Survey on Graph Neural Ordinary Differential Equations

Graph neural networks (GNNs) are powerful tools for handling graph-structured data, capable of capturing complex relationships and features among nodes. However, the discrete architecture of GNNs leads to numerous challenges in representing graph structures, modeling graph evolution, adapting to irregular data, and managing computational costs. In response to these challenges, neural ordinary differential equations (ODEs) have been introduced as a novel method to address the challenges faced by GNNs, as they can simulate the continuous evolution of system states, providing continuous deep encoding and inference capabilities. However, neural ODEs are designed for Euclidean structured data and cannot directly capture the characteristics of graphs. Therefore, researchers have proposed graph neural ODEs, a new type of architectures that combines neural ODEs with GNNs, which can better adapt to graph-structured data and fully utilize its characteristics.
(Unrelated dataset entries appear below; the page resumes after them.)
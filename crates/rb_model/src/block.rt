//! A register block: its fields, how software sees them, and the words that it reads and writes.

use crate::kinds::{Class, Count, Feed, Gate, Latch, Mask, OnRead, OnWrite, ResetBy};
use crate::lists::{Fields, Order, Regs, Shows, Signals, Slots, Views, Words};
use rb_base::Text;

/// A signal at the root (`root`) or under the top, of 1 to 64 bits.
#[derive(Drop)]
pub struct Signal {
    /// Its instance's path, names and indices joined as in port names.
    pub path: Text,
    /// `signalwidth`, in bits (1 to 64).
    pub width: u8,
    /// Whether it stands at the root, and else under the top.
    pub root: bool,
}

/// A field of 1 to 64 bits, in the register of number `reg`.
///
/// `hw_first` is `precedence = hw`: hardware has the last word at an edge. `once` is true where one of its views may be
/// written once.
#[derive(Drop)]
pub struct Field {
    /// Its instance's path, names and indices joined as in port names.
    pub path: Text,
    /// The number of its register in [`Block::regs`].
    pub reg: u32,
    /// `fieldwidth`, in bits (1 to 64).
    pub width: u8,
    /// `reset`: the value under an asserted reset, below 2 to the width, if the field has one.
    pub reset: Option<u64>,
    /// `resetsignal`, or the signal with `field_reset`: which reset, and how it acts.
    pub reset_by: ResetBy,
    /// Whether it keeps a value between edges, by `sw`, `hw` and what else changes it.
    pub class: Class,
    /// `hw` is `w` or `rw`: hardware gives it a number.
    pub hw_writes: bool,
    /// `hw` is `r` or `rw`: its value is the output `out$..`.
    pub hw_reads: bool,
    /// `precedence = hw`.
    pub hw_first: bool,
    /// `next`, or its own input pin: the number that hardware gives, as wide as the field.
    pub source: Feed,
    /// `we` or `wel`: when that number is loaded.
    pub gate: Gate,
    /// `counter`, with its properties. A field has at most one of a count, a latch and a pulse.
    pub count: Option<Count>,
    /// `intr`, with `stickybit`, `sticky`, `nonsticky` and the trigger of its events.
    pub latch: Latch,
    /// `hwset`: where it is 1, the value becomes all ones.
    pub set: Feed,
    /// `hwclr`: where it is 1, the value becomes 0; it comes after `hwset`.
    pub clear: Feed,
    /// `hwenable` or `hwmask`: the bits that hardware may change.
    pub keep: Mask,
    /// `singlepulse`: what software writes lasts one vector.
    pub pulse: bool,
    /// `sw` is `w1` or `rw1` in one of its views.
    pub once: bool,
    /// `enable` or `mask`: the bits of an interrupt that count for the register's output `intr`.
    pub enable: Mask,
    /// `haltenable` or `haltmask`: those that count for the output `halt`.
    pub halt: Mask,
    /// `anded`, `ored`, `xored`, `swmod`, `swacc` and a counter's `incrthreshold`, `decrthreshold`, `overflow` and
    /// `underflow` that are outputs, each once and in the order of [`Shown`](crate::Shown).
    pub shown: Shows,
}

/// A register's view of the field of a number: the field itself, or an alias's field of its name.
#[derive(Drop)]
pub struct View {
    /// The field's path, or that of the alias's field.
    pub path: Text,
    /// The number of its field in [`Block::fields`].
    pub field: u32,
    /// Whether it is an alias register's.
    pub alias: bool,
    /// `sw` is `r`, `rw` or `rw1`: software reads the field through it.
    pub reads: bool,
    /// `sw` is `w`, `rw`, `w1` or `rw1`: software writes the field through it.
    pub writes: bool,
    /// `sw` is `w1` or `rw1`: it acts until the field was written once after a reset.
    pub once: bool,
    /// `onwrite`, `woset` or `woclr`.
    pub on_write: OnWrite,
    /// `onread`, `rclr` or `rset`.
    pub on_read: OnRead,
    /// `swwe` or `swwel`: when a write acts.
    pub gate: Gate,
}

/// Bits of a word that are bits of a view: `bits` of them, in the word from `low` on, in the field from `from` on.
#[derive(Clone, Copy, Debug, PartialEq, Eq)]
pub struct Slot {
    /// The number of the view in [`Block::views`].
    pub view: u32,
    /// The lowest of the bits, counted in the word.
    pub low: u8,
    /// The same bit, counted in the field.
    pub from: u8,
    /// How many bits (1 or more); they end within the word and within the field.
    pub bits: u8,
}

/// What software reads or writes as one: word `number` of register `reg`, at a byte address, of 8, 16 or 32 bits.
#[derive(Drop)]
pub struct Word {
    /// Its address in bytes.
    pub address: u32,
    /// `accesswidth`: 8, 16 or 32 bits.
    pub width: u8,
    /// The number of its register in [`Block::regs`].
    pub reg: u32,
    /// Its place among the words of the register, from 0 on, the lowest bits first.
    pub number: u8,
    /// The views that it shows; no two that are read share a bit, and no two that are written.
    pub slots: Slots,
}

/// A register, and whether it has the outputs `intr` and `halt`.
#[derive(Drop)]
pub struct Reg {
    /// Its instance's path, names and indices joined as in port names.
    pub path: Text,
    /// `alias`: it shows another register's fields, and has none of its own.
    pub alias: bool,
    /// Whether one of its fields is an interrupt: the output `intr$..` of one bit.
    pub intr: bool,
    /// Whether one of these also has `haltenable` or `haltmask`: the output `halt$..` of one bit.
    pub halt: bool,
}

/// A register block behind an APB slave port (IHI 0024B) with no or one wait state.
///
/// Lists are in node order; words stand by address, those that a read reaches in `reads` and those that a write reaches
/// in `writes`. `order` has every item once, each behind those that it refers to.
#[derive(Drop)]
pub struct Block {
    /// The top's name, without `$`.
    pub name: Text,
    pub signals: Signals,
    pub fields: Fields,
    pub views: Views,
    pub reads: Words,
    /// Words at the addresses of `reads`.
    pub writes: Words,
    pub regs: Regs,
    pub order: Order,
    /// How many wait states an access has (0 or 1).
    pub waits: u8,
}
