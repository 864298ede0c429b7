//! Which view is a field's own.

ghost use Rattle.std.specs.Prelude.{◌≡◌, ℕ, ◌<◌, ◌==◌, not, ◌&&◌, count_by, slice_index, vec_len, IfOk};
ghost use Rattle.rb_model.specs.References.{Each};
ghost use Rattle.rb_model.specs.Own.{IsOwnView};

use crate::block::View;
use rb_base::NoMemory;
use std::alloc::Global;

/// The number of each field's own view, which stands in no alias.
pub(crate) fn own_views(
    alloc: Global,
    views: &[View],
    fields: usize,
) -> Result<Vec<usize>, NoMemory>
    requires in_range { Each (λ v. v.field < fields) views.now }
    requires one { (k : ℕ) → k < fields → count_by (λ v. v.field == k && not v.alias) views.now ≡ 1 }
    ensures len { IfOk result (λ own. vec_len own ≡ fields) }
    ensures own { IfOk result (λ own. (k : ℕ) → k < fields → IsOwnView views.now k (slice_index own.items k)) }
{
    let mut own = vec![in alloc; 0usize; fields]?;
    for (number, view) in views.iter().enumerate() {
        if !view.alias {
            own[view.field as usize] = number;
        }
    }
    Ok(own)
}
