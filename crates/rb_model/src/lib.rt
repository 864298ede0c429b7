//! A register block, and the machine that it is.
#![tactic(auto)]

mod block;
mod kinds;
mod laws;
mod lists;
mod own;
mod port_list;

pub use block::{Block, Field, Reg, Signal, Slot, View, Word};
pub use kinds::{
    Amount, Class, Count, Feed, Gate, Latch, Level, Mask, OnRead, OnWrite, Part, RefItem, ResetBy,
    Shown,
};
pub use laws::{
    edge_fits, edge_is_of_item_values, item_values_are_one, item_values_exist, machine_runs,
    names_differ, one_machine_run, order_is_free, pins_are_by_place,
};
pub use lists::{Fields, Order, Regs, Shows, Signals, Slots, Views, Words};
pub use port_list::{ports, push_block_ports, push_port};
In recent years, research related to graph neural ODEs has delved into various directions of graph machine learning, sparking a new research trend. In this context, we systematically review the relevant research of graph neural ODEs in a timely manner. Firstly, we review the key advantages of GNNs and the challenges they face, and elucidate the theoretical basis and practical significance of introducing neural ODEs and combining them with GNNs. Subsequently, we elaborate on the background and basic concepts of graph neural ODEs, proposing a novel taxonomy, and comprehensively describe some important current methods on the taxonomy. Then, we introduce commonly used verification methods in related research, including downstream tasks and datasets. Furthermore, we delve into the applications of graph neural ODEs in multiple practical fields. Finally, we summarize and prospect the challenges and future development trends of graph neural ODEs.